Kirgsn

Sharing insights I gathered on my journey to Data Science and Machine Learning


Project maintained by WKirgsn Hosted on GitHub Pages — Theme by mattgraham

Auto-Downsizing data

There is a vast amount of data published on Kaggle Datasets, that one can download and play around with for experimental purposes. However, more than often this data is stored with data types being an overkill for the datum’s intentional use.

Consider this virtual example

>>> import pandas as pd
>>> import numpy as np

>>> df = pd.DataFrame({'name': ['Walter', 'David', 'Jamie', 'Kendra', 'Zoey'], 
                       'age': [28, 31, 54, 44, 51]},
                      dtype=np.float32)

>>> df
    age    name
0  28.0  Walter
1  31.0   David
2  54.0   Jamie
3  44.0  Kendra
4  51.0    Zoey

Problem

The used numpy data type here, float32, takes four byte of disk space for every age datum stored in this mini data frame. Yet it is plausible that a feature as ‘age’ would not get close to the upper limit of a single byte datum, that is, 256.

For small datasets there should be no concern but when working with Big Data and millions of entries in a database the occupied disk and RAM space might get exhausted unreasonably and unnecessarily fast.

Converting the demonstrated example is as simple as this:

>>> df.age = df.age.astype(np.uint8)

Now nobody’s got time to skim through a dataset of multiple GBs just to identify the potential candidates for data type reduction. It should come naturally to have an automatic function or class dealing with this reduction by just checking min and max values.

Solution

The following mini class might come in handy for all reduction intentions. Please note, that reducing data types based on min and max values assumes there won’t be any future data accumulated to the dataset, which could not fit in the newly converted data type.

import numpy as np
import pandas as pd

from joblib import Parallel, delayed

__AUTHOR__ = 'Kirgsn'

class Reducer:
    """
    Class that takes a dict of increasingly big numpy datatypes to transform
    the data of a pandas dataframe to in order to save memory usage.
    """
    memory_scale_factor = 1024**2  # memory in MB

    def __init__(self, conv_table=None):
        """
        :param conv_table: dict with np.dtypes-strings as keys
        """
        if conv_table is None:
            self.conversion_table = \
                {'int': [np.int8, np.int16, np.int32, np.int64],
                 'uint': [np.uint8, np.uint16, np.uint32, np.uint64],
                 'float': [np.float16, np.float32, ]}
        else:
            self.conversion_table = conv_table

    def _type_candidates(self, k):
        for c in self.conversion_table[k]:
            i = np.iinfo(c) if 'int' in k else np.finfo(c)
            yield c, i

    def reduce(self, df, verbose=False):
        """Takes a dataframe and returns it with all data transformed to the
        smallest necessary types.

        :param df: pandas dataframe
        :param verbose: If True, outputs more information
        :return: pandas dataframe with reduced data types
        """
        ret_list = Parallel(n_jobs=-1)(delayed(self._reduce)
                                                (df[c], c, verbose) for c in
                                                df.columns)

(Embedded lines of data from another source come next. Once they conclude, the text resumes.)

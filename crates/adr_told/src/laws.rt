//! Laws of what is told as tables are refreshed, source by source.
ghost use Rattle.adr_told.specs.Commits.{VisitsJoin, OthersStayUntouched, NoneIsTouched, VisitedIsAsComputed};
ghost use Rattle.adr_told.specs.Laws.{EventIsToldAsWhole, RollupIsToldAsWhole, ObjectIsToldAsWhole, WholeIsToldInTurn, EventsAreToldAsWhole, RollupsAreToldAsWhole, ObjectsAreToldAsWhole};

/// The changes that a refresh of an upstream event answers are told as the machine tells those of that source.
pub fn event_is_told_as_whole()
    ensures { EventIsToldAsWhole }
{}

/// So is the change of a roll-up.
pub fn rollup_is_told_as_whole()
    ensures { RollupIsToldAsWhole }
{}

/// So is the change of a program or of a report.
pub fn object_is_told_as_whole()
    ensures { ObjectIsToldAsWhole }
{}

/// What the machine tells of a command is what it tells of the sources that differ, in their order.
pub fn whole_is_told_in_turn()
    ensures { WholeIsToldInTurn }
{}

/// What a visit of events tells is what the machine tells of these sources, and what it leaves is what their refresh leaves.
pub fn events_are_told_as_whole()
    ensures { EventsAreToldAsWhole }
{}

/// So it is of roll-ups.
pub fn rollups_are_told_as_whole()
    ensures { RollupsAreToldAsWhole }
{}

/// And of programs and reports.
pub fn objects_are_told_as_whole()
    ensures { ObjectsAreToldAsWhole }
{}

/// Before the first visit no source is touched.
pub fn none_is_touched()
    ensures { NoneIsTouched }
{}

/// Nor is one that stands behind those that were visited.
pub fn others_stay_untouched()
    ensures { OthersStayUntouched }
{}

/// A visit that begins with what another left is, with that one, one visit.
pub fn visits_join()
    ensures { VisitsJoin }
{}

/// A visit of all sources that differ, in their order, tells and leaves what comparing the whole views gives, and the tables
/// keep what is shown then.
pub fn visited_is_as_computed()
    ensures { VisitedIsAsComputed }
{}
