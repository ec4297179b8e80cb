//! Limits by their names.
ghost use Rattle.std.specs.Prelude.{◌≡◌, map};
ghost use Rattle.serde_json.specs.View.{view};
ghost use Rattle.adr_text.specs.Faults.{Finds};
ghost use Rattle.adr_text.specs.Fields.{member_of};
ghost use Rattle.adr_config.specs.Grants.{limit_said, limits_said, limits_in};
ghost use Rattle.adr_config.specs.Tellings.{Tells};

use crate::fault::ConfigFault;
use crate::members::count;
use crate::place::Place;
use crate::wrong::Why;
use adr_state::Limits;
use adr_text::{Fault, member};
use serde_json::Value;

/// The names of the limits.
pub(crate) const NAMES: [&str; 10] = [
    "keys",
    "vens",
    "subs",
    "resources",
    "shares",
    "reports",
    "frozen",
    "pending",
    "serial",
    "trail",
];

/// The largest number that the limit of a name may be.
fn largest(name: &str) -> u64 {
    let limits = Limits::largest();
    match name {
        "keys" => limits.keys.get(),
        "vens" => limits.vens.get(),
        "subs" => limits.subs.get(),
        "resources" => limits.resources.get(),
        "shares" => limits.shares.get(),
        "reports" => limits.reports.get(),
        "frozen" => limits.frozen.get(),
        "pending" => limits.pending.get(),
        "serial" => limits.serial.get(),
        _ => limits.trail.get(),
    }
}

/// The limits with that of a name, where it is said.
fn limit_said(mut limits: Limits, value: &Value, name: &str) -> Result<Limits, Fault>
    ensures { Finds (λ limits. limits) result (limit_said name.now (member_of name.now (view value.now)) limits) }
{
    let Some(said) = member(value, name) else {
        return Ok(limits);
    };
    if !limits.set(name, count(said)?) {
        return Err(Fault::OutOfRange);
    }
    Ok(limits)
}

/// The same, or that what stands there is wrong.
fn limit_told(
    limits: Limits,
    value: &Value,
    name: &str,
    place: Place,
) -> Result<Limits, ConfigFault>
    ensures { Tells (λ limits. limits) result (limit_said name.now (member_of name.now (view value.now)) limits) }
{
    match limit_said(limits, value, name) {
        Ok(limits) => Ok(limits),
        Err(fault) => Err(place.wrong(Why::NoCount(largest(name))).told(fault)),
    }
}

/// The limits with those of the names in turn.
fn limits_said(value: &Value, names: &[&str], limits: Limits) -> Result<Limits, ConfigFault>
    ensures { Tells (λ limits. limits) result (limits_said (view value.now) (map (λ name. name.now) names.now) limits) }
{
    let mut limits = limits;
    for i in 0..names.len() {
        limits = limit_told(limits, value, names[i], Place::Limit(i))?;
    }
    Ok(limits)
}

/// The largest limits, but for those that are said.
#[tactic(auto, unfolding(crate::specs::Grants::limits_in))]
pub(crate) fn limits(value: &Value) -> Result<Limits, ConfigFault>
    ensures { Tells (λ limits. limits) result (limits_in (view value.now)) }
{
    if !value.is_object() {
        return Err(ConfigFault::Wrong(Place::Limits.wrong(Why::NoObject)));
    }
    limits_said(value, &NAMES, Limits::largest())
}
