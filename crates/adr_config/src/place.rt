//! Where a value of a configuration stands.
use crate::limits::NAMES;
use std::fmt;

/// Where a value of a configuration stands. Items are counted from 0.
#[derive(Clone, Copy, Debug)]
pub(crate) enum Place {
    /// A line and a column of the text, lines counted from 1, columns in bytes.
    Text(usize, usize),
    Listen,
    Upstream,
    UpstreamToken,
    Callbacks,
    /// An item of `callbacks`.
    Callback(usize),
    ClientName,
    Limits,
    /// The limit of the name that stands there among the names of limits.
    Limit(usize),
    Poll,
    Workers,
    Store,
    Tokens,
    /// An item of `tokens`.
    Item(usize),
    /// The token of such an item.
    Token(usize),
    /// Its role.
    Role(usize),
    /// Its id of a ven.
    VenId(usize),
    StopAfter,
    MassDeletion,
    Log,
}

/// As a path: `poll`, `limits.keys`, `callbacks[0]`, `tokens[2].venID`.
impl fmt::Display for Place {
    fn fmt<W: fmt::Write>(&self, f: &mut fmt::Formatter<W>) -> fmt::Result {
        match self {
            Place::Text(line, column) => write!(f, "line {line}, column {column}"),
            Place::Listen => write!(f, "listen"),
            Place::Upstream => write!(f, "upstream"),
            Place::UpstreamToken => write!(f, "upstreamToken"),
            Place::Callbacks => write!(f, "callbacks"),
            Place::Callback(i) => write!(f, "callbacks[{i}]"),
            Place::ClientName => write!(f, "clientName"),
            Place::Limits => write!(f, "limits"),
            Place::Limit(i) => match NAMES.get(*i) {
                Some(name) => write!(f, "limits.{name}"),
                None => write!(f, "limits"),
            },
            Place::Poll => write!(f, "poll"),
            Place::Workers => write!(f, "workers"),
            Place::Store => write!(f, "store"),
            Place::Tokens => write!(f, "tokens"),
            Place::Item(i) => write!(f, "tokens[{i}]"),
            Place::Token(i) => write!(f, "tokens[{i}].token"),
            Place::Role(i) => write!(f, "tokens[{i}].role"),
            Place::VenId(i) => write!(f, "tokens[{i}].venID"),
            Place::StopAfter => write!(f, "stopAfter"),
            Place::MassDeletion => write!(f, "massDeletion"),
            Place::Log => write!(f, "log"),
        }
    }
}
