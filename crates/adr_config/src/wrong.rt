//! Members that are wrong.
ghost use Rattle.std.specs.Prelude.{◌≡◌};
ghost use Rattle.adr_config.specs.Tellings.{told};

use crate::fault::ConfigFault;
use crate::place::Place;
use adr_text::Fault;
use thiserror::Error;

/// Why a member is wrong.
#[derive(Clone, Copy, Debug, Error)]
pub(crate) enum Why {
    #[error("not JSON")]
    NoJson,
    #[error("missing")]
    Missing,
    #[error("not a text")]
    NoText,
    #[error("not a list")]
    NoList,
    #[error("not an object")]
    NoObject,
    #[error("not a whole number from 1 to {0}")]
    NoCount(u64),
    #[error("not an IP address, a colon and a port")]
    NoListen,
    #[error("not an http address of an IP address or localhost")]
    NoUpstream,
    #[error("not a network")]
    NoNetwork,
    #[error("not 1 to 128 bytes")]
    NoName,
    #[error("not 1 to 1024 characters from ! to ~")]
    NoToken,
    #[error("the same as in an item before")]
    Repeated,
    #[error("not operator, utility or ven")]
    NoRole,
    #[error("not 1 to 128 letters, digits, - and _")]
    NoId,
    /// An id beside another role than a ven's.
    #[error("only a ven has one")]
    OfNoVen,
    #[error("not off, error, warn, info or debug")]
    NoLevel,
    #[error("not confirm or at once")]
    NoDeletion,
}

/// A member that is wrong, told by where it stands and why. No text of the file is told, least of all a token.
#[derive(Clone, Copy, Debug, Error)]
#[error("{place}: {why}")]
pub struct Wrong {
    place: Place,
    why: Why,
}

impl Wrong {
    /// What is told where reading it has that fault: want of memory, or that it is wrong.
    pub(crate) fn told(self, fault: Fault) -> ConfigFault
        ensures { result ≡ told fault self }
    {
        match fault {
            Fault::OutOfMemory => ConfigFault::OutOfMemory,
            _ => ConfigFault::Wrong(self),
        }
    }
}

impl Place {
    /// That what stands there is wrong, and why.
    pub(crate) fn wrong(self, why: Why) -> Wrong {
        Wrong { place: self, why }
    }
}
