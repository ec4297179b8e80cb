//! The configuration of a node that serves, read from JSON.
#![tactic(auto)]

mod callbacks;
mod config;
mod deletion;
mod fault;
mod grants;
mod level;
mod limits;
mod members;
mod oddity;
mod place;
mod read;
mod texts;
mod wrong;

pub use config::Config;
pub use deletion::MassDeletion;
pub use fault::ConfigFault;
pub use level::log_of;
pub use oddity::{Oddity, oddities};
pub use wrong::Wrong;
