//! A configuration, from the bytes of its file.
ghost use Rattle.std.specs.Prelude.{◌≡◌, ◌⊎◌, codes, IfOk, IfErr};
ghost use Rattle.serde_json.specs.View.{view};
ghost use Rattle.adr_text.specs.Fields.{member_of, required, optional};
ghost use Rattle.adr_text.specs.declared.refusal.Refusal.TheVariants.{OutOfMemory, BadShape};
ghost use Rattle.adr_config.specs.Callbacks.{FindsNone};
ghost use Rattle.adr_config.specs.Members.{limit_in};
ghost use Rattle.adr_config.specs.Grants.{roles_in};
ghost use Rattle.adr_config.specs.declared.config.Config.{Config as Configuration};
ghost use Rattle.adr_config.specs.Configs.{upstream_in, settings_in, ending_in, config_at, Listens, SaysAt, Says, IsConfig};
ghost use Rattle.adr_config.specs.Tellings.{Tells};

use crate::callbacks::callbacks;
use crate::config::Config;
use crate::deletion::{MassDeletion, deletion_said};
use crate::fault::ConfigFault;
use crate::grants::roles;
use crate::level::level_said;
use crate::limits::limits;
use crate::members::{limit, needed_limit};
use crate::place::Place;
use crate::texts::{maybe_text, needed_text};
use crate::wrong::Why;
use adr_http::Roles;
use adr_link::Upstream;
use adr_network::Networks;
use adr_state::{Limit, Limits, Settings};
use adr_subscription::{FreeText, callback_address};
use adr_text::{Fault, Refusal, member, read_value};
use log::LevelFilter;
use serde_json::Value;
use std::alloc::Global;
use std::net::SocketAddr;

/// Which of the two is wrong: the utility's address, or else the token that it is shown.
fn no_upstream(alloc: Global, address: &str) -> ConfigFault {
    match callback_address(alloc, address) {
        Err(Refusal::OutOfMemory) => ConfigFault::OutOfMemory,
        Err(_) => ConfigFault::Wrong(Place::Upstream.wrong(Why::NoUpstream)),
        Ok(_) => ConfigFault::Wrong(Place::UpstreamToken.wrong(Why::NoToken)),
    }
}

/// The utility's address, and the token that it is shown.
#[tactic(auto, unfolding(crate::specs::Configs::upstream_in))]
fn upstream(alloc: Global, value: &Value) -> Result<Upstream, ConfigFault>
    ensures { Tells (λ u. u) result (upstream_in (view value.now)) }
{
    let address: FreeText = needed_text(alloc, value, "upstream", Place::Upstream, Why::NoText)?;
    let token: Option<FreeText> = maybe_text(
        alloc,
        value,
        "upstreamToken",
        Place::UpstreamToken,
        Why::NoText,
    )?;
    match Upstream::new(alloc, address.as_str(), token.as_ref().map(|t| t.as_str())) {
        Ok(upstream) => Ok(upstream),
        Err(Refusal::OutOfMemory) => Err(ConfigFault::OutOfMemory),
        Err(_) => Err(no_upstream(alloc, address.as_str())),
    }
}

/// The name under which it reports, and its limits.
#[tactic(auto, unfolding(crate::specs::Configs::settings_in))]
fn settings(alloc: Global, value: &Value) -> Result<Settings, ConfigFault>
    ensures { Tells (λ s. s) result (settings_in (view value.now)) }
{
    let client = needed_text(alloc, value, "clientName", Place::ClientName, Why::NoName)?;
    let limits = match member(value, "limits") {
        Some(said) => limits(said)?,
        None => Limits::largest(),
    };
    Ok(Settings { client, limits })
}

fn tokens(alloc: Global, value: &Value) -> Result<Roles, ConfigFault>
    ensures { Tells (λ r. r) result (required (member_of (codes "tokens") (view value.now)) roles_in) }
{
    match member(value, "tokens") {
        Some(said) => roles(alloc, said),
        None => Err(ConfigFault::Wrong(Place::Tokens.wrong(Why::Missing))),
    }
}

fn stop_after(value: &Value) -> Result<Option<Limit<4_294_967_295>>, ConfigFault>
    ensures { Tells (λ n. n) result (optional (member_of (codes "stopAfter") (view value.now)) (limit_in 4_294_967_295)) }
{
    match member(value, "stopAfter") {
        Some(said) => Ok(Some(limit(said, Place::StopAfter)?)),
        None => Ok(None),
    }
}

/// After how many connections it stops, what it does of many deletions, and how much is told.
#[tactic(auto, unfolding(crate::specs::Configs::ending_in))]
fn ending(
    value: &Value,
) -> Result<(Option<Limit<4_294_967_295>>, MassDeletion, LevelFilter), ConfigFault>
    ensures { Tells (λ s. (s.0, s.1, s.2)) result (ending_in (view value.now)) }
{
    let stop_after = stop_after(value)?;
    let deletion = deletion_said(value)?.unwrap_or(MassDeletion::Confirm);
    let log = level_said(value)?.unwrap_or(LevelFilter::Off);
    Ok((stop_after, deletion, log))
}

/// The configuration of a node that listens there, and lets addresses in those networks be called.
#[tactic(auto, unfolding(crate::specs::Configs::config_at))]
fn config_at(
    alloc: Global,
    listen: SocketAddr,
    callbacks: Networks,
    value: &Value,
) -> Result<Config, ConfigFault>
    ensures { Tells (λ c. c) result (config_at listen callbacks (view value.now)) }
{
    let upstream = upstream(alloc, value)?;
    let settings = settings(alloc, value)?;
    let poll = needed_limit(value, "poll", Place::Poll)?;
    let workers = needed_limit(value, "workers", Place::Workers)?;
    let store = maybe_text(alloc, value, "store", Place::Store, Why::NoText)?;
    let roles = tokens(alloc, value)?;
    let (stop_after, mass_deletion, log) = ending(value)?;
    Ok(Config {
        listen,
        upstream,
        callbacks,
        settings,
        store,
        poll,
        mass_deletion,
        workers,
        roles,
        stop_after,
        log,
    })
}

/// Where it listens: an IP address, a colon and a port.
fn listen(alloc: Global, value: &Value) -> Result<SocketAddr, ConfigFault>
    ensures ok { IfOk result (Listens (view value.now)) }
    ensures err { IfErr result (λ e. FindsNone e (Listens (view value.now))) }
{
    let text: FreeText = needed_text(alloc, value, "listen", Place::Listen, Why::NoText)?;
    match text.as_str().parse() {
        Ok(listen) => Ok(listen),
        Err(_) => Err(ConfigFault::Wrong(Place::Listen.wrong(Why::NoListen))),
    }
}

/// The configuration of a node that listens there.
#[tactic(auto, using(crate::proofs::Calling::says_at, crate::proofs::Calling::says_none_at))]
fn config_listening(alloc: Global, listen: SocketAddr, value: &Value) -> Result<Config, ConfigFault>
    ensures ok { IfOk result (SaysAt listen (view value.now)) }
    ensures err { IfErr result (λ e. FindsNone e (SaysAt listen (view value.now))) }
{
    match callbacks(alloc, value) {
        Ok(callbacks) => config_at(alloc, listen, callbacks, value),
        Err(fault) => Err(fault),
    }
}

/// The configuration that an object says.
#[tactic(auto, using(crate::proofs::Listening::says_by))]
fn config(alloc: Global, value: &Value) -> Result<Config, ConfigFault>
    ensures ok { IfOk result (Says (view value.now)) }
    ensures err { IfErr result (λ e. FindsNone e (Says (view value.now))) }
{
    match listen(alloc, value) {
        Ok(listen) => config_listening(alloc, listen, value),
        Err(fault) => Err(fault),
    }
}

/// The configuration that a JSON value says: one that is no object says none.
fn config_in(alloc: Global, value: &Value) -> Result<Config, ConfigFault>
    ensures ok { IfOk result (Says (view value.now)) }
    ensures err { IfErr result (λ e. FindsNone e (Says (view value.now))) }
{
    if !value.is_object() {
        return Err(ConfigFault::NoObject);
    }
    config(alloc, value)
}

/// Where bytes that are no JSON stop to be some.
fn no_json(alloc: Global, bytes: &[u8]) -> ConfigFault {
    match Value::from_slice(alloc, bytes) {
        Err(slip) if slip.is_memory() => ConfigFault::OutOfMemory,
        Err(slip) => {
            let place = Place::Text(slip.line(), slip.column());
            ConfigFault::Wrong(place.wrong(Why::NoJson))
        }
        Ok(_) => ConfigFault::NoObject,
    }
}

impl Config {
    /// The configuration that the bytes of a file are, or what is wrong in them.
    #[tactic(auto, using(crate::proofs::Listening::no_value))]
    pub fn read_or_tell(alloc: Global, bytes: &[u8]) -> Result<Config, ConfigFault>
        ensures ok { IfOk result (IsConfig bytes.now) }
        ensures err { IfErr result (λ e. FindsNone e (IsConfig bytes.now)) }
    {
        match read_value(alloc, bytes) {
            Ok(value) => config_in(alloc, &value),
            Err(Fault::OutOfMemory) => Err(ConfigFault::OutOfMemory),
            Err(_) => Err(no_json(alloc, bytes)),
        }
    }

    /// The configuration that the bytes of a file are; `BadShape` where they are none.
    pub fn read(alloc: Global, bytes: &[u8]) -> Result<Config, Refusal>
        ensures ok { IfOk result (IsConfig bytes.now) }
        ensures err { IfErr result (λ e. (e ≡ OutOfMemory) ⊎ ((e ≡ BadShape) × ((config : Configuration) → ¬ (IsConfig bytes.now config)))) }
    {
        match Config::read_or_tell(alloc, bytes) {
            Ok(config) => Ok(config),
            Err(ConfigFault::OutOfMemory) => Err(Refusal::OutOfMemory),
            Err(_) => Err(Refusal::BadShape),
        }
    }
}
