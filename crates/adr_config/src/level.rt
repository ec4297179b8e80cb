//! How much is told on standard error.
ghost use Rattle.std.specs.Prelude.{◌≡◌, codes, IfOk};
ghost use Rattle.serde_json.specs.View.{view};
ghost use Rattle.adr_text.specs.Fields.{member_of, optional};
ghost use Rattle.adr_config.specs.Levels.{level_named, level_in, level_at, level_of, log_in};
ghost use Rattle.adr_config.specs.Tellings.{Tells};

use crate::fault::ConfigFault;
use crate::place::Place;
use crate::wrong::Why;
use adr_text::{Fault, member, read_value};
use log::LevelFilter;
use serde_json::Value;
use std::alloc::{AllocError, Global};

/// The level of a name.
fn level_named(name: &str) -> Option<LevelFilter>
    ensures { result ≡ level_named name.now }
{
    match name {
        "off" => Some(LevelFilter::Off),
        "error" => Some(LevelFilter::Error),
        "warn" => Some(LevelFilter::Warn),
        "info" => Some(LevelFilter::Info),
        "debug" => Some(LevelFilter::Debug),
        _ => None,
    }
}

/// The level that a value is.
fn level_in(value: &Value) -> Option<LevelFilter>
    ensures { result ≡ level_in (view value.now) }
{
    level_named(value.as_str()?)
}

/// The level that a configuration says, where it says one.
#[tactic(auto, unfolding(crate::specs::Levels::log_in))]
pub(crate) fn level_said(value: &Value) -> Result<Option<LevelFilter>, ConfigFault>
    ensures { Tells (λ level. level) result (optional (member_of (codes "log") (view value.now)) log_in) }
{
    let Some(said) = member(value, "log") else {
        return Ok(None);
    };
    match level_in(said) {
        Some(level) => Ok(Some(level)),
        None => Err(ConfigFault::Wrong(Place::Log.wrong(Why::NoLevel))),
    }
}

/// The level by which a value is told of.
fn level_at(value: &Value) -> LevelFilter
    ensures { result ≡ level_at (view value.now) }
{
    match member(value, "log") {
        Some(said) => level_in(said).unwrap_or(LevelFilter::Error),
        None => LevelFilter::Off,
    }
}

/// The level that the bytes of a file say, also where another member is wrong: off where they are no JSON object or say
/// none, and error where what they say is none, so that this is told.
pub fn log_of(alloc: Global, bytes: &[u8]) -> Result<LevelFilter, AllocError>
    ensures { IfOk result (λ level. level ≡ level_of bytes.now) }
{
    match read_value(alloc, bytes) {
        Ok(value) => Ok(level_at(&value)),
        Err(Fault::OutOfMemory) => Err(AllocError),
        Err(_) => Ok(LevelFilter::Off),
    }
}
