//! What a configuration says that has no effect.
use crate::limits::NAMES;
use crate::place::Place;
use adr_state::{id_in, number_in};
use adr_text::{Fault, list, member, read_value};
use serde_json::Value;
use std::alloc::{AllocError, Global};
use std::fmt;

/// What a configuration says that has no effect, so that it is hardly meant.
#[derive(Debug, Drop)]
pub struct Oddity {
    what: What,
}

#[derive(Debug, Drop)]
enum What {
    /// A member of a name that isn't known, of what stands there or of the configuration. It is passed over. The name is
    /// one that may be shown.
    NotKnown(Option<Place>, String),
    /// An id there that no ven ever has.
    NoVen(Place),
    /// A limit of the trail, which a node that serves doesn't keep.
    Trail,
}

impl fmt::Display for Oddity {
    fn fmt<W: fmt::Write>(&self, f: &mut fmt::Formatter<W>) -> fmt::Result {
        match &self.what {
            What::NotKnown(None, name) => write!(f, "{name}: not a known member"),
            What::NotKnown(Some(place), name) => write!(f, "{place}.{name}: not a known member"),
            What::NoVen(place) => write!(f, "{place}: no ven has such an id"),
            What::Trail => f.write_str("limits.trail: has no effect in a node that serves"),
        }
    }
}

/// The names of members of a configuration. `$schema` is for editors.
const MEMBERS: [&str; 14] = [
    "$schema",
    "listen",
    "upstream",
    "upstreamToken",
    "callbacks",
    "clientName",
    "poll",
    "workers",
    "store",
    "tokens",
    "limits",
    "stopAfter",
    "massDeletion",
    "log",
];

/// The names of members of an item of `tokens`.
const PARTS: [&str; 3] = ["token", "role", "venID"];

/// So many characters of a name are shown.
const MOST_SHOWN: usize = 64;

/// A name as it may be shown: its first characters, with `?` for those that aren't printed.
fn shown(alloc: Global, name: &str) -> Result<String, AllocError> {
    let mut text = String::new(alloc);
    for c in name.chars().take(MOST_SHOWN) {
        let is_printed = c == ' ' || c.is_ascii_graphic();
        text.push(if is_printed { c } else { '?' })?;
    }
    Ok(text)
}

fn is_known(known: &[&str], name: &str) -> bool {
    known.iter().any(|one| *one == name)
}

/// Puts those members of what stands there behind the others whose names aren't known.
fn find_unknown(
    alloc: Global,
    value: &Value,
    place: Option<Place>,
    known: &[&str],
    found: &mut Vec<Oddity>,
) -> Result<(), AllocError> {
    let Some(members) = value.as_object() else {
        return Ok(());
    };
    for (name, _) in members.iter() {
        if !is_known(known, name.as_str()) {
            let name = shown(alloc, name.as_str())?;
            found.push(Oddity {
                what: What::NotKnown(place, name),
            })?;
        }
    }
    Ok(())
}

/// Whether a value is a text, and the id of no ven.
fn is_no_ven(alloc: Global, value: &Value) -> Result<bool, AllocError> {
    let Some(text) = value.as_str() else {
        return Ok(false);
    };
    Ok(match id_in(alloc, text)? {
        Some(id) => number_in(b'v', &id).is_none(),
        None => true,
    })
}

/// Puts what has no effect in the item of `tokens` of that number behind the others.
fn find_in_item(
    alloc: Global,
    value: &Value,
    item: usize,
    found: &mut Vec<Oddity>,
) -> Result<(), AllocError> {
    find_unknown(alloc, value, Some(Place::Item(item)), &PARTS, found)?;
    if let Some(ven) = member(value, "venID")
        && is_no_ven(alloc, ven)?
    {
        found.push(Oddity {
            what: What::NoVen(Place::VenId(item)),
        })?;
    }
    Ok(())
}

/// Puts what has no effect in the items of `tokens` behind the others.
fn find_in_tokens(alloc: Global, value: &Value, found: &mut Vec<Oddity>) -> Result<(), AllocError> {
    let Some(said) = member(value, "tokens") else {
        return Ok(());
    };
    let Ok(items) = list(said) else {
        return Ok(());
    };
    for i in 0..items.len() {
        find_in_item(alloc, &items[i], i, found)?;
    }
    Ok(())
}

/// Puts what has no effect in `limits` behind the others.
fn find_in_limits(alloc: Global, value: &Value, found: &mut Vec<Oddity>) -> Result<(), AllocError> {
    let Some(limits) = member(value, "limits") else {
        return Ok(());
    };
    find_unknown(alloc, limits, Some(Place::Limits), &NAMES, found)?;
    if member(limits, "trail").is_some() {
        found.push(Oddity { what: What::Trail })?;
    }
    Ok(())
}

/// What has no effect in a value.
fn oddities_in(alloc: Global, value: &Value) -> Result<Vec<Oddity>, AllocError> {
    let mut found = Vec::new(alloc);
    find_unknown(alloc, value, None, &MEMBERS, &mut found)?;
    find_in_limits(alloc, value, &mut found)?;
    find_in_tokens(alloc, value, &mut found)?;
    Ok(found)
}

/// What the bytes of a file say that has no effect: members of names that aren't known, at the top, in `limits` and in
/// the items of `tokens`, ids that no ven ever has, and a limit of the trail. None are found in what is no JSON object.
pub fn oddities(alloc: Global, bytes: &[u8]) -> Result<Vec<Oddity>, AllocError> {
    match read_value(alloc, bytes) {
        Ok(value) => oddities_in(alloc, &value),
        Err(Fault::OutOfMemory) => Err(AllocError),
        Err(_) => Ok(Vec::new(alloc)),
    }
}
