//! Why bytes are not read as a configuration.
ghost use Rattle.std.specs.Prelude.{◌≡◌};
ghost use Rattle.adr_config.specs.declared.fault.ConfigFault.TheVariants.{OutOfMemory};

use crate::wrong::Wrong;
use std::alloc::{AllocError, AllocFailed};
use thiserror::Error;

/// Why bytes are not read as a configuration.
#[derive(Clone, Copy, Debug, Error)]
pub enum ConfigFault {
    #[error("out of memory")]
    OutOfMemory,
    /// They are JSON, and no object.
    #[error("not a JSON object")]
    NoObject,
    /// The first member that is wrong, in the order in which members are read; or where they are no JSON.
    #[error(transparent)]
    Wrong(Wrong),
}

impl From<AllocError> for ConfigFault {
    ghost from_gives = { λ _ e. e ≡ OutOfMemory };

    fn from(_e: AllocError) -> ConfigFault {
        ConfigFault::OutOfMemory
    }
}

impl<T: Drop> From<AllocFailed<T>> for ConfigFault {
    ghost from_gives = { λ _ e. e ≡ OutOfMemory };

    fn from(_e: AllocFailed<T>) -> ConfigFault {
        ConfigFault::OutOfMemory
    }
}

        return pd.concat(ret_list, axis=1)

    def _reduce(self, s, colname, verbose):

        # skip NaNs
        if s.isnull().any():
            if verbose:
                print(colname, 'has NaNs - Skip..')
            return s

        # detect kind of type
        coltype = s.dtype
        if np.issubdtype(coltype, np.integer):
            conv_key = 'int' if s.min() < 0 else 'uint'
        elif np.issubdtype(coltype, np.floating):
            conv_key = 'float'
        else:
            if verbose:
                print(colname, 'is', coltype, '- Skip..')
            print(colname, 'is', coltype, '- Skip..')
            return s

        # find right candidate
        for cand, cand_info in self._type_candidates(conv_key):
            if s.max() <= cand_info.max and s.min() >= cand_info.min:

                if verbose:
                    print('convert', colname, 'to', str(cand))
                return s.astype(cand)

        # reaching this code is bad. Probably there are inf, or other high numbs
        print(("WARNING: {} " 
               "doesn't fit the grid with \nmax: {} "
               "and \nmin: {}").format(colname, s.max(), s.min()))
        print('Dropping it..')

This class can be used the following way:

import pandas as pd

dataset = pd.read_csv('path/to/data')
reducer = Reducer()
dataset = reducer.reduce(dataset)

The minimum datatypes to be converted can be controlled by the ‘conv_table’ that is an optional argument for the class’ init function. The default converts to all integers and at most to float32. Neat thing about this presented implementation: It even takes advantage of multiple CPU cores when available via the joblib python library.

Conclusion

Dealing with inappropriate data types can be now a thing of the past by utilizing sophisticated reducing classes. Converting the dataset and saving it again to disk can save a considerable amount of disk space and, even more crucial, lessens the allocated RAM such that more actual data can be taken into account.